La cybersécurité s’impose dans la gouvernance de l’IA

Dans le même temps, le rôle des équipes cybersécurité évolue. Elles ne se contentent plus de protéger les systèmes, mais interviennent désormais dans la gouvernance des usages de l’IA. « Les équipes cyber ont une vision des risques et des chemins d’attaque que d’autres équipes n’ont pas forcément », souligne Laurent Gelu. Avec la multiplication des initiatives portées directement par les métiers, la priorité devient la visibilité. « Il faut d’abord faire un inventaire des usages de l’IA dans l’entreprise, puis cartographier les risques », précise-t-il. Cette extension du périmètre ne signifie pas pour autant un travail en silo. Les équipes cybersécurité doivent composer avec les directions IT, data et métiers, dans une logique d’orchestration.
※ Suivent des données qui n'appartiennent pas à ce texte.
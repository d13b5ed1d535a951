// Refusal 1, "a shape number or memory length breaks its bound": the tests that none does.
#![tactic(auto)]

ghost use Rattle.std.specs.Prelude.{◌≡◌};
ghost use Rattle.model.specs.Sound as soundness;
ghost use Rattle.model.specs.State.{memory};
ghost use Rattle.shape.specs.Lengths.{lengths_fit};

use model::Shape;

// "Main memory: exactly P pages", "Swap: .. length exactly 4096·(sbase+ptl)". In 64 bits no sum goes round.
#[tactic(auto, using(crate::proofs::Facts::lengths_broken))]
fn lengths_fit(s: Shape, main: usize, swap: usize) -> bool
    ensures { result ≡ lengths_fit s main swap }
{
    if main != 4096 * (s.pages as usize) {
        return false;
    }
    if swap != 4096 * ((s.sbase as usize) + (s.ptl as usize)) {
        return false;
    }
    true
}

// The tests in the document's order.
#[tactic(auto, using(crate::proofs::Facts::bounds_broken))]
pub fn fits(s: Shape, main: &[u8], swap: &[u8]) -> bool
    ensures { result ≡ soundness.fits s (memory main.now swap.now) }
{
    let pages = s.pages as usize;
    let frames = s.frames as usize;
    let abase = s.abase as usize;
    let ptl = s.ptl as usize;
    let pto = s.pto as usize;
    if pages < 3 {
        return false;
    }
    if pages > 64 {
        return false;
    }
    if frames < 2 {
        return false;
    }
    if frames > 32 {
        return false;
    }
    if abase < 1 {
        return false;
    }
    if abase + frames > pages {
        return false;
    }
    if ptl < 1 {
        return false;
    }
    if ptl > 1024 {
        return false;
    }
    if pto % 4 != 0 {
        return false;
    }
    if pto + 4 * ptl > 4096 * abase {
        return false;
    }
    if s.sbase > 16 {
        return false;
    }
    lengths_fit(s, main.len(), swap.len())
}
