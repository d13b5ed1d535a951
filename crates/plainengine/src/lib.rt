// The run of the plain engine: one attempt after another, from code page to code page.
#![tactic(auto)]

ghost use Rattle.std.specs.Prelude.{◌≡◌, true, ◌+◌, ◌*◌, ◌/◌, ◌%◌, ◌<◌, eqb};
ghost use Rattle.model.specs.Run.{run};
ghost use Rattle.model.specs.Flat.{flat_instruction};
ghost use Rattle.plaincpu.specs.Sized.{Sized};
ghost use Rattle.plaincpu.specs.Fetches.{fetches};
ghost use Rattle.plainengine.specs.Engine.{flat_of, course, Walked};

use model::{Outcome, Pcs, Stop};

// What a run comes to, beside the lent registers and memory.
#[derive(Clone, Copy)]
pub struct Ended {
    pub stop: Stop,
    pub finished: u32,
    pub pcs: Pcs,
}

// What a leg comes to: the outcome that ended it, the instructions still left, the PCs of the next attempt.
#[derive(Clone, Copy)]
pub(crate) struct Leg {
    pub outcome: Outcome,
    pub left: u32,
    pub pcs: Pcs,
}

// Each of the four ends of `go` is one line by it.
fn finish(stop: Stop, finished: u32, pcs: Pcs) -> Ended
    ensures { result ≡ record { stop = stop; finished = finished; pcs = pcs } }
{
    Ended {
        stop,
        finished,
        pcs,
    }
}

// va is a word's address on the page that begins at `page`: one comparison for both.
fn on_page(page: u32, va: u32) -> bool
    ensures { result ≡ eqb (4096 * (va / 4096) + va % 4) page }
{
    4096 * (va / 4096) + va % 4 == page
}

// At most n instructions, while a fetch is on the page of the first: the loop that a guest spends its time in. It asks the rights for
// data alone, since they never change during a run. How many are left is handed back, so no `for` counts them.
fn walk(g: &mut [u32; 32], p: Pcs, rights: &[u8], m: &mut [u8], n: u32) -> Leg
    requires { Sized rights.now m.old × (fetches rights.now p.dpc ≡ true) × (0 < n) }
    ensures { Walked (flat_of g.old p rights.now m.old) n result g.new m.new }
{
    let page = 4096 * (p.dpc / 4096);
    let mut pcs = p;
    let mut left = n;
    while on_page(page, pcs.dpc) {
        let o = plaincpu::attempt(g, pcs, rights, m);
        match o {
            Outcome::Done(q) => {
                pcs = q;
            }
            Outcome::Wrote(q, _) => {
                pcs = q;
            }
            _ => {
                return Leg {
                    outcome: o,
                    left,
                    pcs,
                };
            }
        }
        left = left - 1;
        if left == 0 {
            break;
        }
    }
    Leg {
        outcome: Outcome::Done(pcs),
        left,
        pcs,
    }
}

// A leg from p on: along DPC's page, if that can be fetched from.
fn leg_from(g: &mut [u32; 32], p: Pcs, rights: &[u8], m: &mut [u8], n: u32) -> Leg
    requires { Sized rights.now m.old × (0 < n) }
    ensures { Walked (flat_of g.old p rights.now m.old) n result g.new m.new }
{
    if !plaincpu::fetched(rights, p.dpc) {
        return Leg {
            outcome: plaincpu::unfetched(rights, p),
            left: n,
            pcs: p,
        };
    }
    walk(g, p, rights, m, n)
}

// Each turn of the loop is one leg. No access to the flat memory misses a page.
pub fn go(g: &mut [u32; 32], p: Pcs, rights: &[u8], m: &mut [u8], limit: u32) -> Ended
    requires { Sized rights.now m.old }
    ensures { course result g.new rights.now m.new
        ≡ run flat_instruction limit (flat_of g.old p rights.now m.old) }
{
    let mut pcs = p;
    let mut left = limit;
    while left > 0 {
        let l = leg_from(g, pcs, rights, m, left);
        let o = l.outcome;
        pcs = l.pcs;
        left = l.left;
        match o {
            Outcome::Trapped(q, n) => {
                return finish(Stop::Trap(n), limit - left + 1, q);
            }
            Outcome::Stopped(k) => {
                return finish(k, limit - left, pcs);
            }
            Outcome::Missing(va) => {
                return finish(Stop::IllegalMemory(va), limit - left, pcs);
            }
            _ => {}
        }
    }
    finish(Stop::Limit, limit, pcs)
}
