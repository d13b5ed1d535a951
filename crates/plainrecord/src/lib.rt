// The plain engine's record as words: where each field stands, a record read from its words, its words written, and one word set. Hosts
// in C and the tester's script know the record by these places; specs/Words names them too.
#![tactic(auto)]

ghost use Rattle.std.specs.Prelude.{◌≡◌, ◌++◌, ◌<◌, length};
ghost use Rattle.plainmodel.specs.Calls.{with_register};
ghost use Rattle.plainrecord.specs.Words as words;

use model::Pcs;
use plainmodel::Plain;

const PTL: usize = 0;

// GPR 0 to 31.
const GPR: usize = 1;

const DPC: usize = 33;

const NEXT: usize = 34;

pub const LENGTH: usize = 35;

pub fn plain_of(from: &[u32]) -> Plain
    requires { length from.now ≡ words.record_length }
    ensures { result ≡ words.plain_of from.now }
{
    let gpr = record::part(from, GPR);
    Plain {
        ptl: from[PTL],
        gpr: gpr,
        pcs: Pcs {
            dpc: from[DPC],
            next: from[NEXT],
        },
    }
}

// The record's three parts, one behind the other.
fn lay(to: &mut [u32], head: [u32; GPR], gpr: [u32; 32], tail: [u32; LENGTH - DPC])
    requires { length to.old ≡ words.record_length }
    ensures { to.new ≡ head ++ gpr ++ tail }
{
    record::put(to, PTL, &head);
    record::put(to, GPR, &gpr);
    record::put(to, DPC, &tail);
}

pub fn put_plain(to: &mut [u32], m: Plain)
    requires { length to.old ≡ words.record_length }
    ensures { to.new ≡ words.words_of m }
{
    let gpr = m.gpr;
    let p = m.pcs;
    lay(to, [m.ptl], gpr, [p.dpc, p.next]);
}

// Sets register i to v, and looks at no other word.
pub fn set_register(to: &mut [u32], i: u32, v: u32)
    requires { (length to.old ≡ words.record_length) × (i < 32) }
    ensures { to.new ≡ words.words_of (with_register (words.plain_of to.old) i v) }
{
    let at = GPR + (i as usize);
    to[at] = v;
}

// The record with word i set to v, where there is one.
pub fn set_word(m: Plain, i: u32, v: u32) -> Plain
    ensures { result ≡ words.with_word m i v }
{
    let mut all = [0u32; LENGTH];
    put_plain(&mut all, m);
    record::set_at(&mut all, i, v);
    plain_of(&all)
}
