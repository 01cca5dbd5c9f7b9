//! Which markers say something of a set of changesets: what goes with them where they are handed on.
//!
//! Who is sent changesets has to learn as well what they came in place of, and what was pruned. [`relevant`] takes the
//! nodes that are sent and a [`Store`](hg_obsstore::Store), and gives the places there of exactly the markers that go
//! with them: the whole line of rewrites that led to the nodes, and what was pruned from them. Begin with it.
//!
//! # Example
//!
//! ```text
//! fn markers_for(
//!     alloc: Global,
//!     store: &Store,
//!     sent: &[Node],
//! ) -> Result<(Option<usize>, Vec<u8>), AllocError> {
//!     // The places of the markers that go with these nodes, ascending: the whole line of rewrites that led to them,
//!     // and what was pruned from them. A marker that rewrites a sent node to others isn't among them for that alone.
//!     let places = relevant(alloc, store, sent)?;
//!     // How many bytes they take as written, with the byte of the version; None where a `usize` can't tell it.
//!     let len = markers_len_at(store, &places);
//!     // These markers alone, as a store of them is written.
//!     let mut bytes = Vec::new(alloc);
//!     write_markers_at(&mut bytes, store, &places)?;
//!     Ok((len, bytes))
//! }
//! ```
#![tactic(auto)]

mod search;

pub use search::relevant;
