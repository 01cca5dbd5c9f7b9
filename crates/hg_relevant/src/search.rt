//! A search along chains of markers.
//!
//! Each marker that is found is put into a queue once. The markers that touch one of the nodes are found first, and
//! then those that touch the predecessor of each marker in the queue, once for all the markers of one predecessor.
ghost use Rattle.std.specs.Prelude.{◌≡◌, ◌<◌, ◌↔◌, ◌⊎◌, ℕ, [], length, replicate, false, Contains, IfOk, OnOk};
ghost use Rattle.hg_obsstore.specs.Markers.{IsAt, ArePlaces};
ghost use Rattle.hg_obsstore.specs.Places.{ListsAll};
ghost use Rattle.hg_relevant.specs.Relevant.{IsPrune, IsRelevant};
ghost use Rattle.hg_relevant.specs.Search.{Expands, Finds, IsMarked, IsSearched, ExpandsPredecessor};

use hg_changeset::Node;
use hg_marker::Marker;
use hg_obsstore::Store;
use std::alloc::{AllocError, Global};

/// The places of the markers that are relevant to the nodes, ascending.
///
/// A marker is relevant to its successors, and one without successors, which tells of a prune, to its predecessor and
/// to the parents that it records. What is relevant to the predecessor of a relevant marker is relevant too: so the
/// whole line of rewrites that led to the nodes is told, and what was pruned from them.
///
/// It costs what the nodes, the markers and their successors are together, however the markers hang together: one
/// look-up by a hash for each node, and for each predecessor. A node that is given twice is looked up twice.
pub fn relevant(alloc: Global, store: &Store, nodes: &[Node]) -> Result<Vec<usize>, AllocError>
    ensures { IfOk result (λ places. ArePlaces (IsRelevant (Contains store.now) (Contains nodes.now)) store.now
        places.items) }
{
    let mut search = Search::of_nodes(alloc, store, nodes)?;
    let mut next = 0;
    while next < search.queue.len() {
        let place = search.queue[next];
        search.expand_predecessor(store, place)?;
        next += 1;
    }
    marked_places(alloc, &search.found)
}

/// For each place whether its marker was found, and whether what touches its predecessor was, and the places that were
/// found, in the order in which they were.
#[derive(Drop)]
struct Search {
    found: Vec<bool>,
    expanded: Vec<bool>,
    queue: Vec<usize>,
}

impl Search {
    // What touches one of the nodes is found.
    fn of_nodes(alloc: Global, store: &Store, nodes: &[Node]) -> Result<Search, AllocError>
        ensures { IfOk result (λ s. IsSearched store.now nodes.now nodes.now s 0) }
    {
        let mut search = Search::new(alloc, store.len())?;
        for node in nodes {
            search.expand(store, *node)?;
        }
        Ok(search)
    }

    // Nothing is found yet.
    fn new(alloc: Global, places: usize) -> Result<Search, AllocError>
        ensures found { IfOk result (λ s. s.found.items ≡ replicate places false) }
        ensures expanded { IfOk result (λ s. s.expanded.items ≡ replicate places false) }
        ensures queue { IfOk result (λ s. s.queue.items ≡ []) }
    {
        let found = vec![in alloc; false; places]?;
        let expanded = vec![in alloc; false; places]?;
        Ok(Search {
            found,
            expanded,
            queue: Vec::new(alloc),
        })
    }

    // Finds the markers that touch the predecessor of the marker at the place, unless they were found.
    fn expand_predecessor(&mut self, store: &Store, place: usize) -> Result<(), AllocError>
        requires found { length self.old.found.items ≡ length store.now }
        requires expanded { length self.old.expanded.items ≡ length store.now }
        requires within { place < length store.now }
        ensures { OnOk result (ExpandsPredecessor store.now place self.old self.new) }
    {
        if self.expanded[place] {
            return Ok(());
        }
        let node = store.markers()[place].predecessor();
        self.expand(store, node)?;
        Ok(())
    }

    // Finds the markers that touch the node.
    fn expand(&mut self, store: &Store, node: Node) -> Result<(), AllocError>
        requires found { length self.old.found.items ≡ length store.now }
        requires expanded { length self.old.expanded.items ≡ length store.now }
        ensures { OnOk result (Expands store.now node self.old self.new) }
    {
        let markers = store.markers();
        let mentions = store.mentions(node);
        self.find_all(mentions.as_successor())?;
        self.find_prunes(markers, mentions.as_predecessor())?;
        self.find_prunes(markers, mentions.as_parent())?;
        self.mark_expanded(mentions.as_predecessor());
        Ok(())
    }

    // What touches the predecessor of the markers at the places was found.
    fn mark_expanded(&mut self, places: &[usize])
        requires within { (i : ℕ) → Contains places.now i → i < length self.old.expanded.items }
        ensures expanded { (i : ℕ) → IsMarked self.new.expanded.items i
            ↔ (IsMarked self.old.expanded.items i ⊎ Contains places.now i) }
        ensures marks { length self.new.expanded.items ≡ length self.old.expanded.items }
        ensures found { self.new.found.items ≡ self.old.found.items }
        ensures queue { self.new.queue.items ≡ self.old.queue.items }
    {
        for place in places {
            self.expanded[*place] = true;
        }
    }

    // Finds the markers at the places.
    fn find_all(&mut self, places: &[usize]) -> Result<(), AllocError>
        requires { (i : ℕ) → Contains places.now i → i < length self.old.found.items }
        ensures { OnOk result (Finds (Contains places.now) self.old self.new) }
    {
        for place in places {
            self.find(*place)?;
        }
        Ok(())
    }

    // Finds the prune markers at the places.
    fn find_prunes(&mut self, markers: &[Marker], places: &[usize]) -> Result<(), AllocError>
        requires marks { length self.old.found.items ≡ length markers.now }
        requires within { (i : ℕ) → Contains places.now i → i < length markers.now }
        ensures { OnOk result (Finds (λ i. Contains places.now i × IsAt IsPrune markers.now i) self.old self.new) }
    {
        for place in places {
            self.find_prune(markers, *place)?;
        }
        Ok(())
    }

    // Finds the marker at the place, if it is a prune marker.
    fn find_prune(&mut self, markers: &[Marker], place: usize) -> Result<(), AllocError>
        requires marks { length self.old.found.items ≡ length markers.now }
        requires within { place < length markers.now }
        ensures { OnOk result (Finds (λ i. (place ≡ i) × IsAt IsPrune markers.now i) self.old self.new) }
    {
        if markers[place].successors().is_empty() {
            self.find(place)?;
        }
        Ok(())
    }

    // Finds the marker at the place.
    fn find(&mut self, place: usize) -> Result<(), AllocError>
        requires { place < length self.old.found.items }
        ensures { OnOk result (Finds (λ i. place ≡ i) self.old self.new) }
    {
        if !self.found[place] {
            self.queue.push(place)?;
            self.found[place] = true;
        }
        Ok(())
    }
}

// The places that are marked, ascending.
fn marked_places(alloc: Global, marks: &[bool]) -> Result<Vec<usize>, AllocError>
    ensures { IfOk result (λ places. ListsAll (IsMarked marks.now) places.items) }
{
    let mut places = Vec::new(alloc);
    for (place, marked) in marks.iter().enumerate() {
        if *marked {
            places.push(place)?;
        }
    }
    Ok(places)
}
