// Samples counted from the stream's start and from a frame's start: two types, and no generic one, that only the frame's own start joins (`at`). `==`, `<` and `<=` compare two
// of one type as their numbers.
#![tactic(auto)]

ghost use Rattle.std.specs.Prelude.{◌≡◌, ◌+◌, ◌-◌, ◌≤◌, leb};

// A sample counted from the stream's start. Its bound is asked where it is counted on, and is no invariant: that would ask it of comparisons too, and of what C holds.
#[repr(C)]
#[derive(Clone, Copy, PartialEq, Eq, PartialOrd, Ord)]
pub struct StreamSample(pub u64);

// A sample counted from the frame's start.
#[repr(C)]
#[derive(Clone, Copy, PartialEq, Eq, PartialOrd, Ord)]
pub struct FrameOffset(pub u32);

// The frame's first sample.
pub const START: FrameOffset = FrameOffset(0);

impl StreamSample {
    // The stream's sample at an offset of the frame that starts here.
    pub fn at(self, offset: FrameOffset) -> StreamSample
        requires { self.0 ≤ 2199023255552 }
        ensures { result.0 ≡ self.0 + offset.0 }
    {
        StreamSample(self.0 + u64::from(offset.0))
    }

    // So many samples later.
    pub fn plus(self, samples: u32) -> StreamSample
        requires { self.0 ≤ 2199023255552 }
        ensures { result.0 ≡ self.0 + samples }
    {
        StreamSample(self.0 + u64::from(samples))
    }

    // The samples from the other on, plus 2^47: a difference that may be negative, as ramps are kept.
    pub fn past(self, other: StreamSample) -> u64
        requires { (self.0 ≤ 2199023255552) × (other.0 ≤ 2199023255552) }
        ensures { result ≡ 140737488355328 + self.0 - other.0 }
    {
        140737488355328 + self.0 - other.0
    }

    // Whether the stream with so many samples more stays within 2^40.
    pub fn has_room(self, samples: u32) -> bool
        ensures { result ≡ leb (self.0 + samples) 1099511627776 }
    {
        self.0 <= 1099511627776 - u64::from(samples)
    }
}

impl FrameOffset {
    // So many samples later.
    pub fn plus(self, samples: u32) -> FrameOffset
        requires { self.0 + samples ≤ 4294967295 }
        ensures { result.0 ≡ self.0 + samples }
    {
        FrameOffset(self.0 + samples)
    }

    // The samples from here up to an end.
    pub fn up_to(self, end: FrameOffset) -> usize
        requires { self.0 ≤ end.0 }
        ensures { result ≡ end.0 - self.0 }
    {
        (end.0 - self.0) as usize
    }

    // Its place in a channel of the frame.
    pub fn index(self) -> usize
        ensures { result ≡ self.0 }
    {
        self.0 as usize
    }
}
Une adoption rapide, mais encore encadrée

Sur le terrain, l’adoption de l’IA, et notamment de l’IA agentique, s’accélère nettement, même si les déploiements restent encadrés dans les grandes organisations. « Les six derniers mois ont été extrêmement accélérés. On voit une vraie adoption démarrer », constate-t-il. Les usages se concentrent pour l’instant sur l’automatisation de processus ciblés, plus que sur des transformations radicales. « On est plutôt dans l’automatisation ciblée que dans des transformations radicales », ajoute-t-il. Les contraintes de conformité et de gouvernance continuent de freiner certaines initiatives, en particulier dans les environnements les plus régulés.

Le quantique, un risque déjà à anticiper

Enfin, un autre risque, plus discret mais déjà à l’œuvre, commence à émerger dans les réflexions des organisations : celui du quantique. « Des attaquants peuvent collecter des données aujourd’hui pour les déchiffrer plus tard », alerte Laurent Gelu. Cette logique, connue sous le nom de « harvest now, decrypt later », impose de repenser la protection des données sur le long terme. « Si une donnée a encore de la valeur dans 5 ou 10 ans, il faut la protéger dès maintenant », insiste-t-il. Si certains secteurs comme la finance ou la défense ont déjà engagé cette réflexion, la majorité des entreprises reste encore en phase d’observation.

Garder la maîtrise face à l’accélération

Au-delà de ces évolutions, un point de vigilance s’impose. L’enthousiasme autour de l’IA ne doit pas conduire à un déséquilibre entre innovation et maîtrise des risques. « Il faut faire attention à ce que les projets IA n’aillent pas plus vite que la capacité des équipes sécurité à les gouverner », prévient-il. Le développement d’usages hors cadre, déjà observable dans certaines organisations, renforce ce besoin de pilotage.

Dans un environnement où les attaques se multiplient et où les repères traditionnels s’effacent, la cybersécurité change de nature. Elle ne repose plus uniquement sur la capacité à empêcher, mais sur celle à encaisser, comprendre et rebondir. Et malgré la sophistication croissante des outils, une constante demeure. « À chaque fois qu’il y a un problème, il y a toujours quelque part un humain au milieu », conclut Laurent Gelu.